The ‘Wright’ Choice at the Department of Energy
The nomination of Liberty Energy CEO Chris Wright to serve as Donald Trump’s Secretary of Energy has been met, predictably, with much wailing and gnashing of teeth from the usual “green energy” suspects. The League of Conservation Voters vice president for government affairs, Tiernan Sittenfeld, professed herself unsurprised, but appalled by the choice of a man noted for a major role in the fracking industry. Jackie Wong of the Natural Resources Defense Council characterized the nomination as “a disastrous mistake.” I haven’t been able to find anything from Greta Thunberg on the nomination, but I suspect it’s only a matter of time.
Often enough over the years, a DOE Secretary has been raked over the congressional coals because of a security issue at the nuclear weapons complex.
Conservatives on the other hand have greeted the nomination with acclaim. National Review’s Dominic Pino, for example, characterized Wright as “Trump’s best cabinet pick,” and the enthusiasm seems genuine. Pino notes Wright’s science and engineering background and his experience across a wide range of energy disciplines. He lauds Wright’s professed commitment to promoting energy abundance, contrasting his embrace of a “positive future for greater energy accessibility and lower levels of poverty worldwide,” in studied contrast to the “anti-human, anti-growth views” of the net-zero environmental radicals.
Pino’s essay also notes that Wright will face a learning curve as he transitions from CEO to cabinet secretary, and also observes that the Department of Energy (DOE) is not “as powerful in the energy sector as its name would suggest.” In this, Pino is correct, and many people are seeking more from the Wright appointment than he can reasonably be expected to deliver. Like most commentators, however, Pino fails to articulate — and doesn’t appear to fully understand — just why this is so.
Follow the Energy Department’s Budget
One of the first lessons I learned in government service was that to genuinely understand an agency’s mission and priorities, one should look at its budget, not the pious pronouncement in its “strategic vision” or its “mission statements.” In the case of DOE, this reveals that the name of the agency itself is highly misleading.
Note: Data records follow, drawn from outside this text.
//! The law of what is read: a module that a tree of records stands for is well formed.
//!
//! It stands on the definitions of `record_table` and on the law of labels, and names no code of the reader. Definitions: `Records` of
//! `record_table`, `WellFormed` of `module_arena`, and `specs/Formed/Laws`.
//!
//! ```
//! -- of a tree with the records of two variables, both of the name `a`
//! StandFor tree m -- holds of no m, since the second breaks rule 4: a name that is there already
//! -- so in a module that a tree stands for no two variables have one name
//! ```
mod laws;

pub use laws::trees_stand_for_well_formed;
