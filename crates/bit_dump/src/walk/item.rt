//! What stands at a place of a stream, passed over without holding its operands.
ghost use Rattle.std.specs.Prelude.{◌≡◌, ℕ, ◌<◌, ◌≤◌, ◌^◌, [], length, Some, None, Ok, IfOk};
ghost use Rattle.bit_stream.specs.Answers.{Ran};
ghost use Rattle.bit_stream.specs.Scope.{abbreviation_of};
ghost use Rattle.bit_stream.specs.Entry.{is_blockinfo, StreamItem, plain, enter_block, end_block, define_for, define, id_at, defined_at, settled};
ghost use Rattle.bit_stream.specs.Definition.{defined_abbreviation};
ghost use Rattle.bit_stream.specs.declared.entry.Entry.TheVariants.{Block, EndBlock, Record};
ghost use Rattle.bit_dump.specs.Walk.Starts.{IsOn, IsKept};
ghost use Rattle.bit_dump.specs.Walk.Passing.{Passed, recorded, pass_by_abbreviation, pass_record, pass_inside, pass_item, IsBy};

use crate::walk::passing::{Passed, pass_abbreviated, pass_unabbreviated};
use crate::walk::plain::{PlainPassed, plain_passed};
use crate::walk::scope::WalkScope;
use crate::walk::starts::Kept;
use bit_stream::bits::{BitCursor, BitFault};
use bit_stream::{
    ChunkWidth, Entry, ID_LIMIT, MAX_OPEN, StreamFault, WIDEST_CHUNK, bad_abbreviation,
    bad_block_length, defined_abbreviation, nested_too_deep,
};
use std::alloc::Global;

/// What stands at a place: an entry, or none where it is a definition; and the blob of a record, which is empty where it
/// has none.
#[derive(Drop)]
pub struct WalkItem<'b> {
    pub entry: Option<Entry>,
    pub blob: &'b [u8],
}

impl<'b> WalkItem<'b> {
    /// What is no record.
    fn plain(entry: Option<Entry>) -> Self
        ensures entry { result.entry ≡ entry }
        ensures blob { result.blob.now ≡ [] }
    {
        WalkItem { entry, blob: &[] }
    }
}

/// ENTER_SUBBLOCK behind its id. It answers the id of the block.
#[tactic(auto, unfolding(bit_stream::specs::Entry::enter_block))]
fn enter_block(cursor: &mut BitCursor, scope: &mut WalkScope) -> Result<u32, StreamFault>
    ensures read { Ran (λ block. plain (Some (Block block)) scope.new.scope) cursor.new result (enter_block scope.old.scope cursor.old) }
    ensures bits { IfOk result (λ _. scope.new.bits ≡ scope.old.bits) }
{
    let id_bit = cursor.at();
    let id = cursor.vbr(8)?;
    if id >= ID_LIMIT {
        return Err(bad_abbreviation(id_bit).into());
    }
    if scope.depth() == MAX_OPEN {
        return Err(nested_too_deep(id_bit).into());
    }
    let width_bit = cursor.at();
    let width = cursor.vbr(4)?;
    if width < 2 || width > u64::from(WIDEST_CHUNK) {
        return Err(bad_abbreviation(width_bit).into());
    }
    cursor.align()?;
    let count_bit = cursor.at();
    let words = cursor.fixed(32)?;
    scope.enter(
        id as u32,
        ChunkWidth::new(width as u32),
        count_bit,
        words as u32,
    )?;
    Ok(id as u32)
}

/// END_BLOCK behind its id.
#[tactic(auto, unfolding(bit_stream::specs::Entry::end_block))]
fn end_block(cursor: &mut BitCursor, scope: &mut WalkScope) -> Result<(), StreamFault>
    ensures read { Ran (λ _. plain (Some EndBlock) scope.new.scope) cursor.new result (end_block scope.old.scope cursor.old) }
    ensures bits { IfOk result (λ _. scope.new.bits ≡ scope.old.bits) }
{
    cursor.align()?;
    let count_bit = scope.count_bit();
    if (cursor.at() / 32).saturating_sub(count_bit / 32 + 1) != u64::from(scope.words()) {
        return Err(bad_block_length(count_bit).into());
    }
    scope.leave();
    Ok(())
}

/// The definition in front, which is kept. It answers the bit where it starts.
fn next_definition(
    cursor: &mut BitCursor,
    kept: &mut Kept,
    alloc: Global,
) -> Result<u32, StreamFault>
    ensures read { Ran (λ _. kept.new.abbreviation) cursor.new result (defined_abbreviation cursor.old) }
    ensures start { IfOk result (λ start. start ≡ cursor.old.at) }
    ensures kept { IfOk result (λ start. kept.new.start ≡ Some start) }
{
    let bit = cursor.at();
    if bit >= 1 << 32 {
        return Err(StreamFault::Memory);
    }
    let abbreviation = defined_abbreviation(cursor, alloc)?;
    kept.keep(alloc, bit as u32, abbreviation)?;
    Ok(bit as u32)
}

/// DEFINE_ABBREV behind its id, which stands at this bit.
#[tactic(auto, using(crate::proofs::OnWalk::Definitions::abbreviation_here), unfolding(bit_stream::specs::Entry::define, bit_stream::specs::Entry::define_for))]
#[inline(never)]
fn define(
    cursor: &mut BitCursor,
    scope: &mut WalkScope,
    kept: &mut Kept,
    alloc: Global,
    bit: u64,
) -> Result<(), StreamFault>
    requires on { IsOn scope.old.bits cursor.old }
    ensures read { Ran (λ _. plain None scope.new.scope) cursor.new result (define bit scope.old.scope cursor.old) }
    ensures bits { IfOk result (λ _. scope.new.bits ≡ scope.old.bits) }
    ensures by { IfOk result (λ _. defined_abbreviation cursor.old ≡ Ok (kept.new.abbreviation, cursor.new)) }
    ensures kept { IfOk result (λ _. IsKept scope.old.bits kept.new.start kept.new.abbreviation) }
{
    if scope.is_blockinfo() {
        let Some(id) = scope.target() else {
            return Err(bad_abbreviation(bit).into());
        };
        let start = next_definition(cursor, kept, alloc)?;
        scope.give(id, start)?;
    } else {
        let start = next_definition(cursor, kept, alloc)?;
        scope.define(start)?;
    }
    Ok(())
}

/// Behind a record whose id stands at this bit: in BLOCKINFO it may name a block.
#[tactic(auto, unfolding(crate::specs::Walk::Passing::recorded))]
fn recorded(scope: &mut WalkScope, code: u32, first: Option<u64>, bit: u64) -> Result<(), BitFault>
    ensures read { settled result scope.new.scope ≡ recorded bit scope.old.scope code first }
    ensures bits { scope.new.bits ≡ scope.old.bits }
{
    if scope.is_blockinfo() && code == 1 {
        match first {
            Some(id) => scope.set_target(id),
            None => return Err(bad_abbreviation(bit)),
        }
    }
    Ok(())
}

/// A record by the abbreviation of an id from 4 on, which stands at this bit.
#[tactic(auto, unfolding(crate::specs::Walk::Passing::pass_by_abbreviation))]
fn by_abbreviation<'b>(
    cursor: &mut BitCursor<'b>,
    scope: &WalkScope<'b>,
    kept: &mut Kept,
    alloc: Global,
    id: u64,
    bit: u64,
) -> Result<Passed<'b>, StreamFault>
    requires id_in { 4 ≤ id }
    requires kept { IsKept scope.now.bits kept.old.start kept.old.abbreviation }
    ensures read { Ran (λ passed. record { code = passed.code; first = passed.first; blob = passed.blob.now }) cursor.new result (pass_by_abbreviation (abbreviation_of scope.now.scope id) bit (is_blockinfo scope.now.scope) cursor.old) }
    ensures by { IfOk result (λ _. abbreviation_of scope.now.scope id ≡ Some kept.new.abbreviation) }
    ensures kept { IfOk result (λ _. IsKept scope.now.bits kept.new.start kept.new.abbreviation) }
{
    match scope.start_of(id) {
        Some(start) => {
            kept.fetch(alloc, scope.bytes(), start)?;
            Ok(pass_abbreviated(cursor, &kept.abbreviation, scope.is_blockinfo())?)
        }
        None => Err(bad_abbreviation(bit).into()),
    }
}

/// A record behind its id, which is from 3 on and stands at this bit.
#[tactic(auto, unfolding(crate::specs::Walk::Passing::pass_record))]
#[inline(never)]
fn record<'b>(
    cursor: &mut BitCursor<'b>,
    scope: &mut WalkScope<'b>,
    kept: &mut Kept,
    alloc: Global,
    id: u64,
    bit: u64,
) -> Result<Passed<'b>, StreamFault>
    requires id_in { 3 ≤ id }
    requires kept { IsKept scope.old.bits kept.old.start kept.old.abbreviation }
    ensures read { Ran (λ passed. record { entry = Some (Record passed.code); scope = scope.new.scope; operands = []; blob = passed.blob.now }) cursor.new result (pass_record id bit scope.old.scope cursor.old) }
    ensures bits { IfOk result (λ _. scope.new.bits ≡ scope.old.bits) }
    ensures by { IfOk result (λ _. 4 ≤ id → abbreviation_of scope.old.scope id ≡ Some kept.new.abbreviation) }
    ensures kept { IfOk result (λ _. IsKept scope.old.bits kept.new.start kept.new.abbreviation) }
{
    let passed = if id == 3 {
        pass_unabbreviated(cursor, scope.is_blockinfo())?
    } else {
        by_abbreviation(cursor, scope, kept, alloc, id, bit)?
    };
    recorded(scope, passed.code, passed.first, bit)?;
    Ok(passed)
}

/// What stands behind an abbreviation id in a block. The id stands at this bit.
#[tactic(auto, unfolding(crate::specs::Walk::Passing::pass_inside))]
fn inside<'b>(
    cursor: &mut BitCursor<'b>,
    scope: &mut WalkScope<'b>,
    kept: &mut Kept,
    alloc: Global,
    id: u64,
    bit: u64,
) -> Result<WalkItem<'b>, StreamFault>
    requires on { IsOn scope.old.bits cursor.old }
    requires kept { IsKept scope.old.bits kept.old.start kept.old.abbreviation }
    ensures read { Ran (λ item. record { entry = item.entry; scope = scope.new.scope; operands = []; blob = item.blob.now }) cursor.new result (pass_inside id bit scope.old.scope cursor.old) }
    ensures bits { IfOk result (λ _. scope.new.bits ≡ scope.old.bits) }
    ensures by { IfOk result (λ item. IsBy item.entry kept.new.abbreviation (defined_abbreviation cursor.old) cursor.new scope.old.scope id) }
    ensures kept { IfOk result (λ _. IsKept scope.old.bits kept.new.start kept.new.abbreviation) }
{
    match id {
        0 => {
            end_block(cursor, scope)?;
            Ok(WalkItem::plain(Some(Entry::EndBlock)))
        }
        1 if scope.is_blockinfo() => Err(bad_abbreviation(bit).into()),
        1 => Ok(WalkItem::plain(Some(Entry::Block(enter_block(cursor, scope)?)))),
        2 => {
            define(cursor, scope, kept, alloc, bit)?;
            Ok(WalkItem::plain(None))
        }
        _ => {
            let passed = record(cursor, scope, kept, alloc, id, bit)?;
            Ok(WalkItem {
                entry: Some(Entry::Record(passed.code)),
                blob: passed.blob,
            })
        }
    }
}

/// What stands in front, and is passed over. The abbreviation of a definition is kept, and that of a record by one.
#[tactic(auto, using(crate::proofs::OnWalk::StaysInBits::id_is_on), unfolding(crate::specs::Walk::Passing::pass_item, bit_stream::specs::Entry::id_at, bit_stream::specs::Entry::defined_at))]
pub fn pass_item<'b>(
    cursor: &mut BitCursor<'b>,
    scope: &mut WalkScope<'b>,
    kept: &mut Kept,
    alloc: Global,
) -> Result<WalkItem<'b>, StreamFault>
    requires on { IsOn scope.old.bits cursor.old }
    requires kept { IsKept scope.old.bits kept.old.start kept.old.abbreviation }
    ensures read { Ran (λ item. record { entry = item.entry; scope = scope.new.scope; operands = []; blob = item.blob.now }) cursor.new result (pass_item scope.old.scope cursor.old) }
    ensures bits { IfOk result (λ _. scope.new.bits ≡ scope.old.bits) }
    ensures by { IfOk result (λ item. IsBy item.entry kept.new.abbreviation (defined_at scope.old.scope cursor.old) cursor.new scope.old.scope (id_at scope.old.scope cursor.old)) }
    ensures kept { IfOk result (λ _. IsKept scope.old.bits kept.new.start kept.new.abbreviation) }
{
    let bit = cursor.at();
    if scope.depth() > 0 {
        let id = cursor.fixed(scope.width().bits())?;
        return inside(cursor, scope, kept, alloc, id, bit);
    }
    if cursor.is_at_end() {
        return Ok(WalkItem::plain(Some(Entry::End)));
    }
    if cursor.fixed(scope.width().bits())? != 1 {
        return Err(bad_abbreviation(bit).into());
    }
    Ok(WalkItem::plain(Some(Entry::Block(enter_block(cursor, scope)?))))
}

/// The same, but that nothing is told of abbreviations. A record without one is passed where it stands.
#[inline(always)]
pub fn pass_next<'b>(
    cursor: &mut BitCursor<'b>,
    scope: &mut WalkScope<'b>,
    kept: &mut Kept,
    alloc: Global,
) -> Result<WalkItem<'b>, StreamFault>
    requires on { IsOn scope.old.bits cursor.old }
    requires kept { IsKept scope.old.bits kept.old.start kept.old.abbreviation }
    ensures read { Ran (λ item. record { entry = item.entry; scope = scope.new.scope; operands = []; blob = item.blob.now }) cursor.new result (pass_item scope.old.scope cursor.old) }
    ensures bits { IfOk result (λ _. scope.new.bits ≡ scope.old.bits) }
    ensures kept { IfOk result (λ _. IsKept scope.old.bits kept.new.start kept.new.abbreviation) }
{
    match plain_passed(cursor, scope) {
        Some(passed) => {
            let PlainPassed { code, behind } = passed;
            *cursor = behind;
            Ok(WalkItem::plain(Some(Entry::Record(code))))
        }
        None => pass_item(cursor, scope, kept, alloc),
    }
}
Fossil energy and carbon management, that portion of the department about which Wright’s supporters and detractors are most vocally exercised, accounts for 2 percent of the budget. Nuclear energy, which certainly plays a role in the new administration’s vision, accounts for 3 percent of the budget. Renewable energy, including all the promotional investment in solar and wind favored by the Biden administration, accounts for 7 percent. And the department’s Office of Science, which supports a wide range of research and development activities, not all of them energy-related, accounts for 17 percent.
All of these different elements, the ones at the heart of the discussion over Wright’s suitability as energy secretary, are dwarfed by something called the National Nuclear Security Administration (NNSA), which accounts for 46 percent of the DOE budget. And what is NNSA? In a phrase, it’s the nation’s “nuclear weapons complex,” that portion of the government that conducts nuclear weapons research and development, designs and builds nuclear weapons, updates and refurbishes our nuclear weapons stockpile, and dismantles nuclear weapons as they become outdated or in response to various international treaties.
It also includes a significant component of the naval nuclear reactors program. When one adds the 17 percent of the budget for the Office of Environmental Management, largely concerned with legacy nuclear weapons program cleanup, then the dominant role of nuclear weapons becomes even more pronounced.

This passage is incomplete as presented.